INSTRUCTIONS FOR THE TASK: Which lines in the records below include the word "EndsInTurns"? Report each of them in full.

Saved entries
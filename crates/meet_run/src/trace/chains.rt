//! The check of a chain: whole traces of one place, one after another, each on the base that stands for those before
//! it.

ghost use Rattle.std.specs.Prelude.{◌≡◌, ◌⊎◌, ◌+◌, ◌^◌, ◌<◌, ◌≤◌, ◌++◌, ◌∷◌, None, Some, false, codes, IfSome, IfOk};
ghost use Rattle.std.specs.Prelude.{IfErr, OnOk};
ghost use Rattle.std.specs.Vec.{vec_capacity};
ghost use Rattle.meet_tickets.specs.declared.refusals.Refusal.TheVariants.{Memory, ReadFault};
ghost use Rattle.meet_run.specs.declared.trace.chains.Behind.TheVariants.{End};
ghost use Rattle.meet_run.specs.Texts.Reading.{UsesTurns, EndsInTurns, HasNoEnd, lines_of};
ghost use Rattle.meet_run.specs.Scripts.Running.{CannotRead, IsUnread};
ghost use Rattle.meet_run.specs.Tracing.Chains.{is_head, parts_of, fault_in_parts, chain_fault_in, IsChainFound};
ghost use Rattle.meet_run.specs.Tracing.Chains.{ChainEnds};
ghost use Rattle.meet_run.specs.Tracing.Chains.{IsPart, IsChapterRead};
ghost use Rattle.meet_run.specs.Tracing.Traces.{NamesLine, IsUnreadTrace, IsTraceFault};

use crate::text::faults::{RunFault, at_line, cut_short};
use crate::text::output::write_whole;
use crate::text::reading::{LONGEST_LINE, LineRead, MOST_READS, read_line};
use crate::text::room::room_for_lines;
use crate::trace::base_grammar::read_based_head;
use crate::trace::chain::Chain;
use crate::trace::check::{ReadTrace, read_trace};
use crate::trace::grammar::read_head;
use meet_tickets::Refusal;
use std::alloc::Global;
use std::io::{Read, Write};

/// What stands behind a part of a chain.
#[derive(Clone, Copy, PartialEq, Eq, Debug)]
pub(crate) enum Behind {
    /// The first line of another trace, which was read.
    Head,
    /// Nothing.
    End,
    /// A line of more than 128 bytes.
    TooLong,
}

/// Whether a line is the first of a trace.
fn is_head(line: &[u8]) -> bool
    ensures { result ≡ is_head line.now }
{
    read_head(line).is_some() || read_based_head(line).is_some()
}

/// Appends a line and its end. Fails only if an allocation fails.
fn keep_line(text: &mut Vec<u8>, line: &[u8]) -> Result<(), RunFault>
    ensures kept { OnOk result (text.new.items ≡ text.old.items ++ (line.now ++ codes "\n")) }
    ensures memory { IfErr result (λ fault. fault ≡ record { why = Memory; line = None }) }
{
    match (text.extend_from_slice(line), text.extend_from_slice(b"\n")) {
        (Ok(()), Ok(())) => Ok(()),
        _ => Err(cut_short(Refusal::Memory)),
    }
}

/// Reads the lines of a chain's next part into `text`, of which the first was read. The answer is how many they are,
/// and what stands behind them.
fn read_part<R: Read>(
    reader: &mut R,
    turns: &mut u64,
    line: &mut Vec<u8>,
    text: &mut Vec<u8>,
) -> Result<(u64, Behind), RunFault>
    requires room { LONGEST_LINE ≤ vec_capacity line.old }
    requires turns { turns.old + 1 < 2 ^ 64 }
    ensures part { IfOk result (λ part. HasNoEnd line.old.items → IsPart line.old.items (R.remaining reader.old)
        (R.remaining reader.new) part.0 part.1 text.new.items line.new.items) }
    ensures some { IfOk result (λ part. 0 < part.0) }
    ensures few { IfOk result (λ part. part.0 + turns.new ≤ turns.old) }
    ensures room { LONGEST_LINE ≤ vec_capacity line.new }
    ensures uses { UsesTurns (R.remaining reader.old) (R.remaining reader.new) turns.old turns.new }
    ensures ends { IfOk result (λ part. part.1 ≡ End → EndsInTurns (R.remaining reader.old) turns.old) }
    ensures faults { IfErr result (λ fault. IsUnread fault.why × (fault.line ≡ None)) }
{
    text.clear();
    keep_line(text, line.as_slice())?;
    let mut lines = 1u64;
    loop {
        match read_line(reader, turns, line) {
            LineRead::Line => {}
            LineRead::End => return Ok((lines, Behind::End)),
            LineRead::TooLong => return Ok((lines, Behind::TooLong)),
            LineRead::Failed => return Err(cut_short(Refusal::ReadFault)),
        }
        if is_head(line.as_slice()) {
            return Ok((lines, Behind::Head));
        }
        keep_line(text, line.as_slice())?;
        lines += 1;
    }
}

/// A fault of a part, as one of the text, where so many lines stand before the part. ReadFault where its number is past
/// 2^64 - 1, to which no text that is read comes.
fn in_text(before: u64, fault: RunFault) -> RunFault
    ensures line { IfSome fault.line (λ n. (result ≡ record { why = fault.why; line = Some (before + n) })
        ⊎ (result ≡ record { why = ReadFault; line = None })) }
    ensures outside { fault.line ≡ None → result ≡ fault }
{
    let Some(number) = fault.line else {
        return fault;
    };
    match before.checked_add(number) {
        Some(line) => at_line(fault.why, line),
        None => cut_short(Refusal::ReadFault),
    }
}

/// Reads a part, of which the first line was read, as a whole trace; how many lines stand before the next one, and
/// whether there is one.
fn read_chapter<R: Read>(
    alloc: Global,
    reader: &mut R,
    turns: &mut u64,
    line: &mut Vec<u8>,
    text: &mut Vec<u8>,
    before: u64,
) -> Result<(ReadTrace, u64, bool), RunFault>
    requires room { LONGEST_LINE ≤ vec_capacity line.old }
    requires turns { before + turns.old + 1 < 2 ^ 64 }
    ensures read { IfOk result (λ read. HasNoEnd line.old.items → IsChapterRead line.old.items
        (R.remaining reader.old) (R.remaining reader.new) before read.0 read.1 read.2 line.new.items) }
    ensures few { IfOk result (λ read. read.1 + turns.new ≤ before + turns.old) }
    ensures some { IfOk result (λ read. before < read.1) }
    ensures room { LONGEST_LINE ≤ vec_capacity line.new }
    ensures bad { IfErr result (λ fault. HasNoEnd line.old.items → IfSome (R.remaining reader.old) (λ rest.
        NamesLine fault (fault_in_parts before (parts_of (line.old.items ∷ lines_of rest))))) }
    ensures uses { UsesTurns (R.remaining reader.old) (R.remaining reader.new) turns.old turns.new }
    ensures ends { IfOk result (λ read. read.2 ≡ false → EndsInTurns (R.remaining reader.old) turns.old) }
    ensures faults { IfErr result IsUnreadTrace }
{
    let (lines, next) = read_part(reader, turns, line, text)?;
    let mut part = text.as_slice();
    let trace = match read_trace(alloc, &mut part, MOST_READS) {
        Ok(trace) => trace,
        Err(fault) => return Err(in_text(before, fault)),
    };
    match next {
        Behind::Head => Ok((trace, before + lines, true)),
        Behind::End => Ok((trace, before + lines, false)),
        Behind::TooLong => Err(at_line(Refusal::BadTrace, before + lines + 1)),
    }
}

/// Reads a whole chain, and says what is found of it, and the line that says so.
fn find_chain<R: Read>(
    alloc: Global,
    reader: &mut R,
    turns: u64,
) -> Result<(bool, Vec<u8>), RunFault>
    ensures found { IfOk result (λ found. IfSome (R.remaining reader.old) (λ input.
        IsChainFound (lines_of input) found.0 found.1.items)) }
    ensures bad { IfErr result (λ fault. IfSome (R.remaining reader.old) (λ input.
        NamesLine fault (chain_fault_in (lines_of input)))) }
    ensures uses { UsesTurns (R.remaining reader.old) (R.remaining reader.new) turns 0 }
    ensures spent { turns ≡ 0 → CannotRead result }
    ensures ends { OnOk result (EndsInTurns (R.remaining reader.old) turns) }
    ensures faults { IfErr result IsUnreadTrace }
{
    let mut line = room_for_lines(alloc, turns)?;
    let mut rest = turns;
    match read_line(reader, &mut rest, &mut line) {
        LineRead::Line => find_chapters(alloc, reader, &mut rest, &mut line),
        LineRead::End => Err(at_line(Refusal::BadTrace, 1)),
        LineRead::TooLong => Err(at_line(Refusal::BadTrace, 1)),
        LineRead::Failed => Err(cut_short(Refusal::ReadFault)),
    }
}

/// Says what is found of a chain, of which the first line was read, and the line that says so.
fn find_chapters<R: Read>(
    alloc: Global,
    reader: &mut R,
    turns: &mut u64,
    line: &mut Vec<u8>,
) -> Result<(bool, Vec<u8>), RunFault>
    requires room { LONGEST_LINE ≤ vec_capacity line.old }
    requires turns { turns.old + 1 < 2 ^ 64 }
    ensures found { IfOk result (λ found. HasNoEnd line.old.items → IfSome (R.remaining reader.old) (λ rest.
        IsChainFound (line.old.items ∷ lines_of rest) found.0 found.1.items)) }
    ensures bad { IfErr result (λ fault. HasNoEnd line.old.items → IfSome (R.remaining reader.old) (λ rest.
        NamesLine fault (chain_fault_in (line.old.items ∷ lines_of rest)))) }
    ensures uses { UsesTurns (R.remaining reader.old) (R.remaining reader.new) turns.old turns.new }
    ensures ends { OnOk result (EndsInTurns (R.remaining reader.old) turns.old) }
    ensures faults { IfErr result IsUnreadTrace }
{
    let mut text = Vec::new(alloc);
    let (trace, mut before, mut more) = read_chapter(alloc, reader, turns, line, &mut text, 0)?;
    let mut chain = match Chain::begin(trace) {
        Ok(chain) => chain,
        Err(why) => return Err(cut_short(why)),
    };
    while more {
        let (trace, lines, another) = read_chapter(alloc, reader, turns, line, &mut text, before)?;
        chain = match chain.take(alloc, trace) {
            Ok(chain) => chain,
            Err(why) => return Err(cut_short(why)),
        };
        before = lines;
        more = another;
    }
    match chain.found(alloc) {
        Ok(found) => Ok(found),
        Err(why) => Err(cut_short(why)),
    }
}

/// Checks a chain: whole traces of one place, of either format, one after another, each on the base that stands for
/// those before it. The whole of it is read before anything is written; the text of one trace is kept at a time, and
/// none of its records. A read takes one byte; `turns` is the most reads.
///
/// If they are one legal history on the first one's base it writes the line that a check of it as one trace would, and
/// returns true. Otherwise it writes one line and returns false. The line names the first trace, from 1, that can't
/// follow:
///
/// - it names another place (`chapter 2 OtherPlace`);
/// - its base doesn't stand for those before it (`chapter 2 OtherBase`);
/// - or a record of it can't stand (`chapter 2 illegal 7 WrongReply`).
///
/// # Errors
/// - BadTrace, with the line's number in the whole text, from 1: the line can't be read, or it stands after a trace's
///   1,048,576th record and begins no other trace. A text without a first line is a fault of line 1. That wins over
///   anything that is wrong before it. Nothing is written.
/// - ReadFault, if a read fails, or no turn is left for it: nothing is written. Without a turn it is this error in any
///   case.
/// - Memory, if an allocation fails: nothing is written.
/// - WriteFault, if a write fails or takes no byte: a prefix of the line is written.
pub fn check_chain_within<R: Read, W: Write>(
    alloc: Global,
    reader: &mut R,
    writer: &mut W,
    turns: u64,
) -> Result<bool, RunFault>
    ensures check { IfSome (R.remaining reader.old) (λ input.
        ChainEnds (lines_of input) result (W.contents writer.old) (W.contents writer.new)) }
    ensures uses { UsesTurns (R.remaining reader.old) (R.remaining reader.new) turns 0 }
    ensures spent { turns ≡ 0 → CannotRead result }
    ensures ends { OnOk result (EndsInTurns (R.remaining reader.old) turns) }
    ensures faults { IfErr result IsTraceFault }
{
    let (legal, text) = find_chain(alloc, reader, turns)?;
    match write_whole(writer, text.as_slice()) {
        Ok(()) => Ok(legal),
        Err(why) => Err(cut_short(why)),
    }
}

/// Checks a chain as `check_chain_within` does, with 2^32 reads.
///
/// # Errors
/// - BadTrace, ReadFault, Memory or WriteFault, as `check_chain_within`.
///
/// # Example
/// From `crates/meet/src/main.rt`:
///
///     Task::Chain => check_chain(alloc, reader, writer),
pub fn check_chain<R: Read, W: Write>(
    alloc: Global,
    reader: &mut R,
    writer: &mut W,
) -> Result<bool, RunFault>
    ensures check { IfSome (R.remaining reader.old) (λ input.
        ChainEnds (lines_of input) result (W.contents writer.old) (W.contents writer.new)) }
    ensures uses { UsesTurns (R.remaining reader.old) (R.remaining reader.new) (2 ^ 32) 0 }
    ensures ends { OnOk result (EndsInTurns (R.remaining reader.old) (2 ^ 32)) }
    ensures faults { IfErr result IsTraceFault }
{
    check_chain_within(alloc, reader, writer, MOST_READS)
}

YOUR RESPONSE:
ghost use Rattle.meet_run.specs.Texts.Reading.{UsesTurns, EndsInTurns, HasNoEnd, lines_of};
    ensures ends { IfOk result (λ part. part.1 ≡ End → EndsInTurns (R.remaining reader.old) turns.old) }
    ensures ends { IfOk result (λ read. read.2 ≡ false → EndsInTurns (R.remaining reader.old) turns.old) }
    ensures ends { OnOk result (EndsInTurns (R.remaining reader.old) turns) }
    ensures ends { OnOk result (EndsInTurns (R.remaining reader.old) turns.old) }
    ensures ends { OnOk result (EndsInTurns (R.remaining reader.old) turns) }
    ensures ends { OnOk result (EndsInTurns (R.remaining reader.old) (2 ^ 32)) }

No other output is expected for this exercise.